▶ _ASSIGNED TASK_
The listing that follows is to be output in full and without change.

▶ _DATA PROVIDED_

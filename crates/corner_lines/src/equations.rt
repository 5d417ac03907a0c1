// The laws of lines' equations, each the contract of a function that does nothing.
ghost use Rattle.corner_lines.specs.EquationLaws.{EquationIsCarried, EquationStays, LineHasNumbers};
ghost use Rattle.corner_lines.specs.EquationLaws.{LineIsExchange, LineIsWritten, LineMoves};
ghost use Rattle.corner_lines.specs.EquationLaws.{LowestTermsAreOne, MarkHasNumbers, MarkIsWritten};
ghost use Rattle.corner_lines.specs.EquationLaws.{MarkMoves, MarkUnfitFromDeviation, MarkUnfitFromLine};
ghost use Rattle.corner_lines.specs.EquationLaws.{PivotIsResolved, SameMarksAreCorner, SameMarksHaveRays};
ghost use Rattle.corner_lines.specs.EquationLaws.{SameMarksKeepEquations, SumIsReducible, TurnIsExchange};
ghost use Rattle.corner_lines.specs.EquationLaws.{TurnKeepsEquations, UnfitFromLine, UnfitFromValue};

/// A line's equation is the writing of its quantity.
pub fn line_is_written()
    ensures { LineIsWritten }
{}

/// The equation of an inside line's deviation is the writing of its inside mark.
pub fn mark_is_written()
    ensures { MarkIsWritten }
{}

/// The coefficients of a line's equation.
pub fn line_has_numbers()
    ensures { LineHasNumbers }
{}

/// The coefficients of an inside mark's writing.
pub fn mark_has_numbers()
    ensures { MarkHasNumbers }
{}

/// A line's sum in lowest terms is an equation.
pub fn sum_is_reducible()
    ensures { SumIsReducible }
{}

/// A line's sum has one form in lowest terms.
pub fn lowest_terms_are_one()
    ensures { LowestTermsAreOne }
{}

/// If the lowest terms of a line's sum, or its value, do not fit, its quantity has no writing that fits.
pub fn unfit_from_line()
    ensures { UnfitFromLine }
{}

/// The same for an inside mark, by the sum of its line's deviation.
pub fn mark_unfit_from_line()
    ensures { MarkUnfitFromLine }
{}

/// If a deviation has no writing that fits, its line's inside mark has none.
pub fn mark_unfit_from_deviation()
    ensures { MarkUnfitFromDeviation }
{}

/// The leaving line's equation gives the entering line's equation at the next corner, in lowest terms.
pub fn pivot_is_resolved()
    ensures { PivotIsResolved }
{}

/// The equation of each quantity at the next corner.
pub fn equation_is_carried()
    ensures { EquationIsCarried }
{}

/// An equation without a number for the entering line holds at the next corner.
pub fn equation_stays()
    ensures { EquationStays }
{}

/// If the two marks of a line are exchanged, all equations stay.
pub fn turn_keeps_equations()
    ensures { TurnKeepsEquations }
{}

/// The two marks of an inside line can be exchanged.
pub fn turn_is_exchange()
    ensures { TurnIsExchange }
{}

/// If a line has a number in an inside line's equation, its marks can be exchanged for that line's inside
/// mark.
pub fn line_is_exchange()
    ensures { LineIsExchange }
{}

/// Which columns move when a mark grows.
pub fn line_moves()
    ensures { LineMoves }
{}

/// Which inside marks move when a mark grows.
pub fn mark_moves()
    ensures { MarkMoves }
{}

/// If its value doesn't fit, a line's sum doesn't.
pub fn unfit_from_value()
    ensures { UnfitFromValue }
{}

/// The order of a corner's marks is free: in another order they are a corner too, each outside mark can
/// grow alone, and equations hold.
pub fn same_marks_are_corner()
    ensures corner { SameMarksAreCorner }
    ensures rays { SameMarksHaveRays }
    ensures equations { SameMarksKeepEquations }
{}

▶ _SOLUTION TO THE PROBLEM_
filename crates/corner_lines/src/equations.rt
repository 5d417ac03907a0c1
// The laws of lines' equations, each the contract of a function that does nothing.
ghost use Rattle.corner_lines.specs.EquationLaws.{EquationIsCarried, EquationStays, LineHasNumbers};
ghost use Rattle.corner_lines.specs.EquationLaws.{LineIsExchange, LineIsWritten, LineMoves};
ghost use Rattle.corner_lines.specs.EquationLaws.{LowestTermsAreOne, MarkHasNumbers, MarkIsWritten};
ghost use Rattle.corner_lines.specs.EquationLaws.{MarkMoves, MarkUnfitFromDeviation, MarkUnfitFromLine};
ghost use Rattle.corner_lines.specs.EquationLaws.{PivotIsResolved, SameMarksAreCorner, SameMarksHaveRays};
ghost use Rattle.corner_lines.specs.EquationLaws.{SameMarksKeepEquations, SumIsReducible, TurnIsExchange};
ghost use Rattle.corner_lines.specs.EquationLaws.{TurnKeepsEquations, UnfitFromLine, UnfitFromValue};

/// A line's equation is the writing of its quantity.
pub fn line_is_written()
    ensures { LineIsWritten }
{}

/// The equation of an inside line's deviation is the writing of its inside mark.
pub fn mark_is_written()
    ensures { MarkIsWritten }
{}

/// The coefficients of a line's equation.
pub fn line_has_numbers()
    ensures { LineHasNumbers }
{}

/// The coefficients of an inside mark's writing.
pub fn mark_has_numbers()
    ensures { MarkHasNumbers }
{}

/// A line's sum in lowest terms is an equation.
pub fn sum_is_reducible()
    ensures { SumIsReducible }
{}

/// A line's sum has one form in lowest terms.
pub fn lowest_terms_are_one()
    ensures { LowestTermsAreOne }
{}

/// If the lowest terms of a line's sum, or its value, do not fit, its quantity has no writing that fits.
pub fn unfit_from_line()
    ensures { UnfitFromLine }
{}

/// The same for an inside mark, by the sum of its line's deviation.
pub fn mark_unfit_from_line()
    ensures { MarkUnfitFromLine }
{}

/// If a deviation has no writing that fits, its line's inside mark has none.
pub fn mark_unfit_from_deviation()
    ensures { MarkUnfitFromDeviation }
{}

/// The leaving line's equation gives the entering line's equation at the next corner, in lowest terms.
pub fn pivot_is_resolved()
    ensures { PivotIsResolved }
{}

/// The equation of each quantity at the next corner.
pub fn equation_is_carried()
    ensures { EquationIsCarried }
{}

/// An equation without a number for the entering line holds at the next corner.
pub fn equation_stays()
    ensures { EquationStays }
{}

/// If the two marks of a line are exchanged, all equations stay.
pub fn turn_keeps_equations()
    ensures { TurnKeepsEquations }
{}

/// The two marks of an inside line can be exchanged.
pub fn turn_is_exchange()
    ensures { TurnIsExchange }
{}

/// If a line has a number in an inside line's equation, its marks can be exchanged for that line's inside
/// mark.
pub fn line_is_exchange()
    ensures { LineIsExchange }
{}

/// Which columns move when a mark grows.
pub fn line_moves()
    ensures { LineMoves }
{}

/// Which inside marks move when a mark grows.
pub fn mark_moves()
    ensures { MarkMoves }
{}

/// If its value doesn't fit, a line's sum doesn't.
pub fn unfit_from_value()
    ensures { UnfitFromValue }
{}

/// The order of a corner's marks is free: in another order they are a corner too, each outside mark can
/// grow alone, and equations hold.
pub fn same_marks_are_corner()
    ensures corner { SameMarksAreCorner }
    ensures rays { SameMarksHaveRays }
    ensures equations { SameMarksKeepEquations }
{}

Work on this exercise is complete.